- [Task prompt]:
Retype exactly the stretch of lines that begins at the line containing "self.as_str() == other.as_str()" and ends at the last line of the data, with no other lines.

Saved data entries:
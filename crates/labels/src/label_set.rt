ghost use Rattle.std.specs.Prelude.{◌≡◌, string_bytes, ◌==◌, ◌⊎◌, ◌↔◌, List, None, Some, refl, IfOk, IfErr, IsErrOf};
ghost use Rattle.std.specs.Cmp as order;
ghost use Rattle.std.specs.Cmp.Lexicographic.{pointwise, slice_cmp, nat_list_eq_equiv, nat_list_cmp_total, texts_ties, texts_po};
ghost use Rattle.std.specs.Ordering.{nat_cmp};
ghost use Rattle.labels.specs.Faults.{first_fault};
ghost use Rattle.labels.specs.Canonical.{IsTextOf, IsCanonical, IsCanonicalText};
ghost use Rattle.pairs.specs.Labels.{Label};

use crate::fault::LabelFault;
use crate::parsing::is_canonical;
use crate::writing::canonical_text;
use pairs::LabelPairs;
use std::alloc::{AllocError, Global};
use std::cmp::Ordering;
use std::marker::Model;

/// The labels of a stream, kept as their canonical text, which contracts see: `{a="1", b="2"}`, the names in rising
/// byte order. A label set has one such text, and no two sets share one.
#[derive(Debug, Drop)]
pub struct LabelSet {
    text: String,
}

impl Model for LabelSet {
    ghost use Rattle.std.specs.Prelude.{List, ℕ, string_bytes};
    ghost use Rattle.labels.specs.Canonical.{IsCanonicalText};

    ghost Value = { List ℕ };

    ghost view = { λ t. string_bytes t.text };

    ghost invariant = { λ t. IsCanonicalText (string_bytes t.text) };
}

impl LabelSet {
    /// The set of these labels, given in any order.
    ///
    /// A stream has 1 to `MAX_LABELS` labels. A name is `[A-Za-z_][A-Za-z0-9_]*` of at most 1,024 bytes. A value is any
    /// text of 1 to 2,048 bytes. No name is given twice. `LabelFault` gives the order of the faults.
    pub fn new(alloc: Global, pairs: LabelPairs) -> Result<LabelSet, LabelFault>
        ensures ok { IfOk result (λ set. (first_fault pairs ≡ None) × IsTextOf set pairs) }
        ensures cause { IfErr result (λ e. (e ≡ LabelFault.Memory) ⊎ (first_fault pairs ≡ Some e)) }
    {
        let text = canonical_text(alloc, pairs.into_vec())?;
        Ok(LabelSet { text })
    }

    /// The label set with this canonical text: `NotCanonical` exactly where there is none.
    pub fn parse_text(alloc: Global, text: &str) -> Result<LabelSet, LabelFault>
        ensures ok { IfOk result (λ set. (set ≡ text.now) × IsCanonicalText text.now) }
        ensures none { IsErrOf result LabelFault.NotCanonical
            ↔ ((ps : List Label) → ¬ (IsCanonical text.now ps)) }
        ensures cause { IfErr result (λ e. (e ≡ LabelFault.Memory)
            ⊎ (e ≡ LabelFault.NotCanonical)) }
    {
        if !is_canonical(text) {
            return Err(LabelFault::NotCanonical);
        }
        let text = String::from_str(alloc, text)?;
        Ok(LabelSet { text })
    }

    /// A copy of the canonical text, or `Memory`.
    pub fn text(&self, alloc: Global) -> Result<String, LabelFault>
        ensures ok { IfOk result (λ text. string_bytes text ≡ self.now) }
        ensures cause { IfErr result (λ e. e ≡ LabelFault.Memory) }
    {
        Ok(String::from_str(alloc, self.as_str())?)
    }

    /// The canonical text.
    pub fn as_str(&self) -> &str
        ensures text { result.now ≡ self.now }
        ensures canonical { IsCanonicalText self.now }
    {
        self.text.as_str()
    }
}

impl Clone for LabelSet {
    ghost is_clone = { λ a b. b ≡ a };

    fn clone(&self) -> Result<LabelSet, AllocError> {
        let text = self.text.clone()?;
        Ok(LabelSet { text })
    }
}

impl PartialEq for LabelSet {
    ghost eq = { pointwise ◌==◌ };

    ghost laws = { order.partial_equiv_from_equiv nat_list_eq_equiv };

    fn eq(&self, other: &LabelSet) -> bool {
        self.as_str() == other.as_str()
    }
}

impl Eq for LabelSet {
    ghost laws = { nat_list_eq_equiv };
}

impl PartialOrd for LabelSet {
    ghost partial_cmp = { λ x y. Some (slice_cmp nat_cmp x y) };

    ghost laws = { texts_po };

    fn partial_cmp(&self, other: &LabelSet) -> Option<Ordering> {
        Some(self.cmp(other))
    }
}

impl Ord for LabelSet {
    ghost cmp = { slice_cmp nat_cmp };

    ghost total = { nat_list_cmp_total };

    ghost matches_partial_cmp = { λ x y. refl };

    ghost matches_eq = { texts_ties };

    fn cmp(&self, other: &LabelSet) -> Ordering {
        self.as_str().cmp(other.as_str())
    }
}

- [Result of this exercise]:
        self.as_str() == other.as_str()
    }
}

impl Eq for LabelSet {
    ghost laws = { nat_list_eq_equiv };
}

impl PartialOrd for LabelSet {
    ghost partial_cmp = { λ x y. Some (slice_cmp nat_cmp x y) };

    ghost laws = { texts_po };

    fn partial_cmp(&self, other: &LabelSet) -> Option<Ordering> {
        Some(self.cmp(other))
    }
}

impl Ord for LabelSet {
    ghost cmp = { slice_cmp nat_cmp };

    ghost total = { nat_list_cmp_total };

    ghost matches_partial_cmp = { λ x y. refl };

    ghost matches_eq = { texts_ties };

    fn cmp(&self, other: &LabelSet) -> Ordering {
        self.as_str().cmp(other.as_str())
    }
}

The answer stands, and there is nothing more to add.